On a gallium scan, up to 90% of hepatocellular carcinomas (HCCs) demonstrate uptake of the radiopharmaceutical. Gallium may help distinguish regenerating nodules of cirrhosis from HCC, as regenerating nodules typically do not label with gallium.

On a liver-spleen scan, a sulfur-colloid study typically demonstrates an area of decreased labeling in HCC. Look for signs of cirrhosis, such as heterogeneous labeling of the liver with a large spleen and colloid shift to the bone marrow. Prominent left and caudate lobes of the liver are also signs of cirrhosis. A "cold" defect in the liver with signs of cirrhosis strongly suggests HCC.
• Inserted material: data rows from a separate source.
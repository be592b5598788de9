//! The editor of recordings (project rule): edits with undo and redo, kept places with links, and showing.
//! The layers above rely on each call leaving the session of the definitions, on a shown state being that of
//! a run from reset, and on how many frames a call runs.
#![tactic(auto)]

pub mod draft;
pub mod editor;
pub mod edits;
pub mod history;
pub mod keep_every;
pub mod kept;
pub mod kept_list;
pub mod memory_refusal;
pub mod places;
pub mod player;
pub mod playing;
pub mod settling;
pub mod showing;

pub use editor::Editor;
pub use memory_refusal::only_memory;
pub use showing::MOST_KEPT;
pub use w4_defs::EditRefusal;
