// The given journal of W-208, then a tie in each rounding that can have one, bounds met alone, neighbouring causes met
// at once, words that are all different, interim fixings, forty distributors, and kept ledgers with an older fixing:
// the journal beside this program, replayed.

#![tactic(auto)]

use commands::input::journal_buffer;
use commands::run::replay;

// The file descriptor of standard input.
const STDIN_FILENO: i32 = 0;

// Each program that replays its input reads it itself: one function for all four would hide a read behind a contract that
// can say nothing of the input.
fn main() {
    let mut text = journal_buffer();
    let count = io::read_full(STDIN_FILENO, &mut text);
    replay(&text[..count]);
}
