//! Stores the cases of an enum in a column, as numbers.
ghost use Rattle.std.specs.Prelude.{◌≡◌, ◌==◌, true, false};
ghost use Rattle.std.specs.List.{list_any};
ghost use Rattle.std.specs.Option.{IfNone, IfSome};

use std::marker::Model;

/// An enum whose cases are stored in a column, each as a number.
pub trait Case: Sized + 'static {
    ghost use Rattle.std.specs.Prelude.{ℕ, ◌<◌, List};

    ghost number: { Self → ℕ };

    /// The cases that a row may have.
    ghost every: { List Self };

    /// Each number fits in one byte.
    ghost small: { (case : Self) → number case < 256 };

    /// Returns the number of the case.
    fn code(self) -> u8
        ensures { result ≡ number self };

    /// Returns the cases that a row may have.
    fn all() -> &'static [Self]
        ensures { result.now ≡ every };
}

/// A case in a row. Contracts see only its number, so they can also describe a stored row whose number belongs to no
/// case.
#[derive(Debug, Drop)]
pub struct Column<C: Case> {
    case: C,
}

impl<C: Case> Model for Column<C> {
    ghost use Rattle.std.specs.Prelude.{ℕ};

    ghost Value = { ℕ };

    ghost view = { λ column. C.number column.case };
}

impl<C: Case + Copy> Column<C> {
    /// Makes the column that holds a case.
    pub fn of(case: C) -> Self
        ensures { result ≡ C.number case }
    {
        Column { case }
    }

    /// Makes the column from a number; `None` if no case has this number.
    pub fn with_code(code: u64) -> Option<Self>
        ensures some { IfSome result (λ column. column ≡ code) }
        ensures right { IfSome result (λ column. list_any (λ case. column == C.number case) C.every ≡ true) }
        ensures none { IfNone result (list_any (λ case. code == C.number case) C.every ≡ false) }
    {
        for case in C::all() {
            if u64::from(case.code()) == code {
                return Some(Column::of(*case));
            }
        }
        None
    }

    /// Returns the number of the case.
    pub fn code(&self) -> u8
        ensures { result ≡ self.now }
    {
        self.case.code()
    }

    /// Returns the case.
    pub fn case(&self) -> C
        ensures { C.number result ≡ self.now }
    {
        self.case
    }
}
Hepatobiliary scans can show labeling of HCC due to the presence of hepatocytes. HCC may have no uptake initially but may show delayed uptake as the rest of the normal liver clears. This is related to malignant hepatocytes, which are hypofunctional relative to normal hepatocytes.
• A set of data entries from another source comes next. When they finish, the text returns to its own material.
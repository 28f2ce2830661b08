//! Defines the rows of the eleven kinds. Contracts see texts as lists of numbers and enum columns as numbers, so they
//! can also describe stored rows that these types do not allow.
use crate::cases::{Arrival, LineState, MailKind, Side};
use crate::column::Column;
use edi_base::Items;
use edi_envelope::Moment;
use gs1_ids::{Gln, Gtin, Prefix, Sscc};
use hub_parties::Key;

/// The hub, with its retailer. Key: the hub's GLN.
#[derive(Debug, Drop)]
pub struct HubRow {
    /// The hub's GLN.
    pub hub: Gln,
    /// The retailer's GLN.
    pub retailer: Gln,
    /// The retailer's key.
    pub key: Key,
}

/// A supplier's key. Key of the row: the supplier.
#[derive(Debug, Drop)]
pub struct KeyRow {
    /// The supplier.
    pub supplier: Gln,
    /// The key with which it identifies itself to the hub.
    pub key: Key,
}

/// A company prefix. Key: the prefix alone, over all suppliers.
#[derive(Debug, Drop)]
pub struct PrefixRow {
    /// The prefix.
    pub prefix: Prefix,
    /// The supplier that has it.
    pub supplier: Gln,
}

/// An order. Key: supplier and number.
#[derive(Debug, Drop)]
pub struct OrderRow {
    /// The supplier.
    pub supplier: Gln,
    /// The order number, 1 to 35 bytes.
    pub number: Items<u8>,
}

/// An order line, with quantities in pieces. Key: supplier, number and line.
#[derive(Debug, Drop)]
pub struct LineRow {
    /// The supplier.
    pub supplier: Gln,
    /// The order number.
    pub number: Items<u8>,
    /// The line number, 1 to 999,999.
    pub line: u32,
    /// The article.
    pub gtin: Gtin,
    /// The quantity ordered, 1 to 999,999,999.
    pub ordered: u32,
    /// The quantity that is still to be despatched.
    pub open_qty: u32,
    /// The quantity that the supplier refused.
    pub refused: u32,
    /// The quantity that the retailer cancelled.
    pub cancelled: u32,
    /// The supplier's answer to the line.
    pub answer: Column<LineState>,
}

/// A despatch advice. Key: supplier and number.
#[derive(Debug, Drop)]
pub struct AdviceRow {
    /// The supplier.
    pub supplier: Gln,
    /// The advice number, 1 to 35 bytes.
    pub number: Items<u8>,
}

/// A pallet. Key: the SSCC alone, over all suppliers.
#[derive(Debug, Drop)]
pub struct PalletRow {
    /// The pallet's SSCC.
    pub sscc: Sscc,
    /// The supplier.
    pub supplier: Gln,
    /// The number of the advice that announced it.
    pub advice: Items<u8>,
    /// Whether it is announced or received.
    pub received: Column<Arrival>,
}

/// What an advice says is on a pallet, for one order line. Key: the pallet's SSCC and the place.
#[derive(Debug, Drop)]
pub struct ContentRow {
    /// The pallet's SSCC.
    pub sscc: Sscc,
    /// The place on the pallet, from 1.
    pub place: u64,
    /// The order number.
    pub number: Items<u8>,
    /// The line number.
    pub line: u32,
    /// The quantity despatched, 1 to 999,999,999.
    pub quantity: u32,
}

/// What was received of an article on a pallet, in pieces. Key: the pallet's SSCC and the GTIN.
#[derive(Debug, Drop)]
pub struct ReceiptRow {
    /// The pallet's SSCC.
    pub sscc: Sscc,
    /// The article.
    pub gtin: Gtin,
    /// Received and accepted.
    pub accepted: u32,
    /// Received, not accepted, to be returned.
    pub returned: u32,
    /// Received, not accepted, to be destroyed.
    pub destroyed: u32,
}

/// A message or a cancellation that was accepted. Key: supplier, side and both references.
#[derive(Debug, Drop)]
pub struct RememberedRow {
    /// The supplier.
    pub supplier: Gln,
    /// Whether the retailer or the supplier sent it, or it is a cancellation.
    pub side: Column<Side>,
    /// The control reference of its interchange, or the cancellation's reference, 1 to 14 bytes.
    pub control: Items<u8>,
    /// The message reference, 1 to 14 bytes; empty for a cancellation.
    pub message: Items<u8>,
    /// Its content: the canonical text of the message from UNH to UNT, or the five lines of the cancellation.
    pub content: Items<u8>,
}

/// An entry of a supplier's mailbox. Key: supplier and number.
#[derive(Debug, Drop)]
pub struct MailRow {
    /// The supplier.
    pub supplier: Gln,
    /// The entry's number in the mailbox, from 1.
    pub number: u64,
    /// When the message arrived.
    pub moment: Moment,
    /// The decimal mark of the message's interchange.
    pub decimal: u8,
    /// The type of the message.
    pub kind: Column<MailKind>,
    /// The document number of the message (BGM 1004).
    pub document: Items<u8>,
    /// The canonical text of the message from UNH to UNT, with `1` as the reference in both.
    pub body: Items<u8>,
    /// Whether the supplier has taken it.
    pub taken: Column<bool>,
}
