//! Makes the changes that add a register's rows.
ghost use Rattle.std.specs.Prelude.{◌≡◌, ◌++◌, IfOk, OnOk};
ghost use Rattle.hub_tables.specs.Register as spec;

use crate::change::Change;
use crate::rows::{KeyRow, PrefixRow};
use edi_base::MemoryFault;
use gs1_ids::{Gln, Prefix};
use hub_parties::SupplierRow;
use std::alloc::Global;

// Appends a change for each prefix.
fn put_prefixes(
    supplier: Gln,
    prefixes: &[Prefix],
    changes: &mut Vec<Change>,
) -> Result<(), MemoryFault>
    ensures { OnOk result (changes.new.items ≡ changes.old.items
        ++ spec.prefix_changes supplier prefixes.now) }
{
    for prefix in prefixes {
        changes.push(Change::AddPrefix(PrefixRow {
            prefix: *prefix,
            supplier,
        }))?;
    }
    Ok(())
}

/// Appends the changes that add a supplier: its key, then each of its prefixes.
pub fn put_row_changes(row: &SupplierRow, changes: &mut Vec<Change>) -> Result<(), MemoryFault>
    ensures { OnOk result (changes.new.items ≡ changes.old.items ++ spec.row_changes row.now) }
{
    changes.push(Change::AddKey(KeyRow {
        supplier: row.gln,
        key: row.key.copy(),
    }))?;
    put_prefixes(row.gln, row.prefixes.as_slice(), changes)
}

/// Returns the changes that add a supplier: its key, then each of its prefixes.
pub fn row_changes(alloc: Global, row: &SupplierRow) -> Result<Vec<Change>, MemoryFault>
    ensures { IfOk result (λ changes. changes.items ≡ spec.row_changes row.now) }
{
    let mut changes = Vec::new(alloc);
    put_row_changes(row, &mut changes)?;
    Ok(changes)
}
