//! Defines the changes of rows.
use crate::rows::{
    AdviceRow, ContentRow, HubRow, KeyRow, LineRow, MailRow, OrderRow, PalletRow, PrefixRow,
    ReceiptRow, RememberedRow,
};
use gs1_ids::Sscc;

/// A row to add, a row that replaces the one with the same key, or rows to delete.
#[derive(Debug, Drop)]
pub enum Change {
    /// The hub and its retailer.
    AddHub(HubRow),
    /// The hub with a new key for its retailer.
    SetHub(HubRow),
    /// A new supplier's key.
    AddKey(KeyRow),
    /// A supplier's new key.
    SetKey(KeyRow),
    /// A company prefix of a new supplier.
    AddPrefix(PrefixRow),
    /// A new order.
    AddOrder(OrderRow),
    /// A new line of an order.
    AddLine(LineRow),
    /// A line that is answered, despatched or cancelled.
    SetLine(LineRow),
    /// A new despatch advice.
    AddAdvice(AdviceRow),
    /// A new pallet.
    AddPallet(PalletRow),
    /// A pallet that is received.
    SetPallet(PalletRow),
    /// A new content of a pallet.
    AddContent(ContentRow),
    /// A new receipt of an article.
    AddReceipt(ReceiptRow),
    /// Deletes all receipts of a pallet.
    ClearReceipts(Sscc),
    /// A message or a cancellation to remember.
    Remember(RememberedRow),
    /// A new entry of a mailbox.
    AddMail(MailRow),
    /// An entry that the supplier has taken.
    SetMail(MailRow),
}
Positron emission tomography with fluorodeoxyglucose (FDG-PET) is primarily useful in assessing the degree of differentiation and in staging moderately and poorly differentiated tumors, rather than in primary lesion detection. Sensitivity of FDG-PET for the detection of HCC is 50-70%. This limited sensitivity is due to the low level of FDG uptake in well-differentiated tumors; however, FDG-PET may be superior to CT in detecting extrahepatic spread.

On a gallium scan, the liver normally labels early and may obscure HCC labeling. Differential diagnoses of a mass that shows labeling in the liver include other types of malignancy and infection.